━━ Given data ━━

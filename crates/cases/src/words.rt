//! The words of a case.
use hk_base::{AccountId, Hash256, NoMemory, hex_to_bytes, push_hex};
use std::alloc::Global;
use std::fmt::{Debug, Display};
use std::io;
use std::io::ErrorKind;
use std::str::FromStr;

/// Why a case has no answer.
#[derive(Clone, Copy, Debug, PartialEq, Eq)]
pub enum CaseFault {
    NoMemory,
    /// A word is missing, has another form, or is one too many.
    BadCase,
}

impl From<NoMemory> for CaseFault {
    fn from(_: NoMemory) -> CaseFault {
        CaseFault::NoMemory
    }
}

impl From<CaseFault> for io::Error {
    fn from(fault: CaseFault) -> io::Error {
        match fault {
            CaseFault::NoMemory => io::Error::from(ErrorKind::OutOfMemory),
            CaseFault::BadCase => io::Error::from(ErrorKind::InvalidData),
        }
    }
}

/// Bytes that later lines call by a name.
#[derive(Drop)]
pub(crate) struct Named {
    pub name: String,
    pub bytes: Vec<u8>,
}

/// The words of a case that are still to be read, and the allocator for what is made of them.
///
/// A word stands between spaces, or between double quotes, and has spaces then.
#[derive(Drop)]
pub struct Words<'a> {
    pub alloc: Global,
    rest: &'a str,
    names: &'a [Named],
}

impl<'a> Words<'a> {
    pub(crate) fn new(alloc: Global, names: &'a [Named], text: &'a str) -> Words<'a> {
        Words {
            alloc,
            rest: text,
            names,
        }
    }

    /// The next word.
    pub fn word(&mut self) -> Result<&'a str, CaseFault> {
        let text = self.rest.trim_start();
        let (word, rest) = match text.strip_prefix('"') {
            Some(quoted) => quoted.split_once('"').ok_or(CaseFault::BadCase)?,
            None if text.is_empty() => return Err(CaseFault::BadCase),
            None => text.split_once(' ').unwrap_or((text, "")),
        };
        self.rest = rest;
        Ok(word)
    }

    /// The next word as a number, or as another value that is read from text.
    pub fn value<T: FromStr>(&mut self) -> Result<T, CaseFault>
    where
        T::Err: Drop,
    {
        match self.word()?.parse::<T>() {
            Ok(value) => Ok(value),
            Err(_) => Err(CaseFault::BadCase),
        }
    }

    /// The next word as bytes: `-` for none, or parts with `+` between them. A part is hex digits, or `$` and the name
    /// of bytes; `*` and a count behind it say how often it comes.
    pub fn bytes(&mut self) -> Result<Vec<u8>, CaseFault> {
        let word = self.word()?;
        let mut bytes = Vec::new(self.alloc);
        if word != "-" {
            for part in word.split('+') {
                self.add_part(&mut bytes, part)?;
            }
        }
        Ok(bytes)
    }

    /// The next word as the 20 bytes of an account.
    pub fn account(&mut self) -> Result<AccountId, CaseFault> {
        let bytes = self.bytes()?;
        let id: [u8; 20] = bytes.as_slice().try_into().or(Err(CaseFault::BadCase))?;
        Ok(AccountId(id))
    }

    /// The next word as the 32 bytes of a hash.
    pub fn hash(&mut self) -> Result<Hash256, CaseFault> {
        let bytes = self.bytes()?;
        let hash: [u8; 32] = bytes.as_slice().try_into().or(Err(CaseFault::BadCase))?;
        Ok(Hash256(hash))
    }

    /// The next word as the two numbers of a field, as `2/4`.
    pub fn field(&mut self) -> Result<(u8, u8), CaseFault> {
        let (kind, code) = self.word()?.split_once('/').ok_or(CaseFault::BadCase)?;
        match (kind.parse::<u8>(), code.parse::<u8>()) {
            (Ok(kind), Ok(code)) => Ok((kind, code)),
            _ => Err(CaseFault::BadCase),
        }
    }

    // Adds the bytes of a part, as often as it comes.
    fn add_part(&self, bytes: &mut Vec<u8>, part: &str) -> Result<(), CaseFault> {
        let (text, count) = match part.split_once('*') {
            Some((text, count)) => (text, count.parse::<u32>().or(Err(CaseFault::BadCase))?),
            None => (part, 1),
        };
        let read = self.part(text)?;
        for _ in 0..count {
            bytes.extend_from_slice(&read)?;
        }
        Ok(())
    }

    // The bytes of hex digits, or of a name.
    fn part(&self, text: &str) -> Result<Vec<u8>, CaseFault> {
        if let Some(name) = text.strip_prefix('$') {
            let named = self.names.iter().find(|named| named.name.as_str() == name);
            let bytes = named.ok_or(CaseFault::BadCase)?.bytes.as_slice();
            return Ok(Vec::from_slice(self.alloc, bytes)?);
        }
        hex_to_bytes(self.alloc, text.as_bytes())?.ok_or(CaseFault::BadCase)
    }

    /// Nothing, where no word is left.
    pub fn end(&mut self) -> Result<(), CaseFault> {
        match self.rest.trim_start().is_empty() {
            true => Ok(()),
            false => Err(CaseFault::BadCase),
        }
    }

    /// A value as an answer, or the name of the fault.
    pub fn answer<T: Display + Drop, E: Debug + Drop>(
        &self,
        value: Result<T, E>,
    ) -> Result<String, CaseFault> {
        match value {
            Ok(value) => Ok(format!(in self.alloc; "{value}")?),
            Err(fault) => Ok(format!(in self.alloc; "{fault:?}")?),
        }
    }
}

/// Bytes as hex digits, and `-` for none.
pub fn hex(alloc: Global, bytes: &[u8]) -> Result<String, CaseFault> {
    if bytes.is_empty() {
        return Ok(String::from_str(alloc, "-")?);
    }
    let mut digits = Vec::new(alloc);
    push_hex(&mut digits, bytes)?;
    String::from_utf8(digits).or(Err(CaseFault::BadCase))
}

━━━

§ **The problem**: Once you have read the records above, output each of them verbatim.

§ **Answer box**:
filename crates/cases/src/words.rt
//! The words of a case.
use hk_base::{AccountId, Hash256, NoMemory, hex_to_bytes, push_hex};
use std::alloc::Global;
use std::fmt::{Debug, Display};
use std::io;
use std::io::ErrorKind;
use std::str::FromStr;

/// Why a case has no answer.
#[derive(Clone, Copy, Debug, PartialEq, Eq)]
pub enum CaseFault {
    NoMemory,
    /// A word is missing, has another form, or is one too many.
    BadCase,
}

impl From<NoMemory> for CaseFault {
    fn from(_: NoMemory) -> CaseFault {
        CaseFault::NoMemory
    }
}

impl From<CaseFault> for io::Error {
    fn from(fault: CaseFault) -> io::Error {
        match fault {
            CaseFault::NoMemory => io::Error::from(ErrorKind::OutOfMemory),
            CaseFault::BadCase => io::Error::from(ErrorKind::InvalidData),
        }
    }
}

/// Bytes that later lines call by a name.
#[derive(Drop)]
pub(crate) struct Named {
    pub name: String,
    pub bytes: Vec<u8>,
}

/// The words of a case that are still to be read, and the allocator for what is made of them.
///
/// A word stands between spaces, or between double quotes, and has spaces then.
#[derive(Drop)]
pub struct Words<'a> {
    pub alloc: Global,
    rest: &'a str,
    names: &'a [Named],
}

impl<'a> Words<'a> {
    pub(crate) fn new(alloc: Global, names: &'a [Named], text: &'a str) -> Words<'a> {
        Words {
            alloc,
            rest: text,
            names,
        }
    }

    /// The next word.
    pub fn word(&mut self) -> Result<&'a str, CaseFault> {
        let text = self.rest.trim_start();
        let (word, rest) = match text.strip_prefix('"') {
            Some(quoted) => quoted.split_once('"').ok_or(CaseFault::BadCase)?,
            None if text.is_empty() => return Err(CaseFault::BadCase),
            None => text.split_once(' ').unwrap_or((text, "")),
        };
        self.rest = rest;
        Ok(word)
    }

    /// The next word as a number, or as another value that is read from text.
    pub fn value<T: FromStr>(&mut self) -> Result<T, CaseFault>
    where
        T::Err: Drop,
    {
        match self.word()?.parse::<T>() {
            Ok(value) => Ok(value),
            Err(_) => Err(CaseFault::BadCase),
        }
    }

    /// The next word as bytes: `-` for none, or parts with `+` between them. A part is hex digits, or `$` and the name
    /// of bytes; `*` and a count behind it say how often it comes.
    pub fn bytes(&mut self) -> Result<Vec<u8>, CaseFault> {
        let word = self.word()?;
        let mut bytes = Vec::new(self.alloc);
        if word != "-" {
            for part in word.split('+') {
                self.add_part(&mut bytes, part)?;
            }
        }
        Ok(bytes)
    }

    /// The next word as the 20 bytes of an account.
    pub fn account(&mut self) -> Result<AccountId, CaseFault> {
        let bytes = self.bytes()?;
        let id: [u8; 20] = bytes.as_slice().try_into().or(Err(CaseFault::BadCase))?;
        Ok(AccountId(id))
    }

    /// The next word as the 32 bytes of a hash.
    pub fn hash(&mut self) -> Result<Hash256, CaseFault> {
        let bytes = self.bytes()?;
        let hash: [u8; 32] = bytes.as_slice().try_into().or(Err(CaseFault::BadCase))?;
        Ok(Hash256(hash))
    }

    /// The next word as the two numbers of a field, as `2/4`.
    pub fn field(&mut self) -> Result<(u8, u8), CaseFault> {
        let (kind, code) = self.word()?.split_once('/').ok_or(CaseFault::BadCase)?;
        match (kind.parse::<u8>(), code.parse::<u8>()) {
            (Ok(kind), Ok(code)) => Ok((kind, code)),
            _ => Err(CaseFault::BadCase),
        }
    }

    // Adds the bytes of a part, as often as it comes.
    fn add_part(&self, bytes: &mut Vec<u8>, part: &str) -> Result<(), CaseFault> {
        let (text, count) = match part.split_once('*') {
            Some((text, count)) => (text, count.parse::<u32>().or(Err(CaseFault::BadCase))?),
            None => (part, 1),
        };
        let read = self.part(text)?;
        for _ in 0..count {
            bytes.extend_from_slice(&read)?;
        }
        Ok(())
    }

    // The bytes of hex digits, or of a name.
    fn part(&self, text: &str) -> Result<Vec<u8>, CaseFault> {
        if let Some(name) = text.strip_prefix('$') {
            let named = self.names.iter().find(|named| named.name.as_str() == name);
            let bytes = named.ok_or(CaseFault::BadCase)?.bytes.as_slice();
            return Ok(Vec::from_slice(self.alloc, bytes)?);
        }
        hex_to_bytes(self.alloc, text.as_bytes())?.ok_or(CaseFault::BadCase)
    }

    /// Nothing, where no word is left.
    pub fn end(&mut self) -> Result<(), CaseFault> {
        match self.rest.trim_start().is_empty() {
            true => Ok(()),
            false => Err(CaseFault::BadCase),
        }
    }

    /// A value as an answer, or the name of the fault.
    pub fn answer<T: Display + Drop, E: Debug + Drop>(
        &self,
        value: Result<T, E>,
    ) -> Result<String, CaseFault> {
        match value {
            Ok(value) => Ok(format!(in self.alloc; "{value}")?),
            Err(fault) => Ok(format!(in self.alloc; "{fault:?}")?),
        }
    }
}

/// Bytes as hex digits, and `-` for none.
pub fn hex(alloc: Global, bytes: &[u8]) -> Result<String, CaseFault> {
    if bytes.is_empty() {
        return Ok(String::from_str(alloc, "-")?);
    }
    let mut digits = Vec::new(alloc);
    push_hex(&mut digits, bytes)?;
    String::from_utf8(digits).or(Err(CaseFault::BadCase))
}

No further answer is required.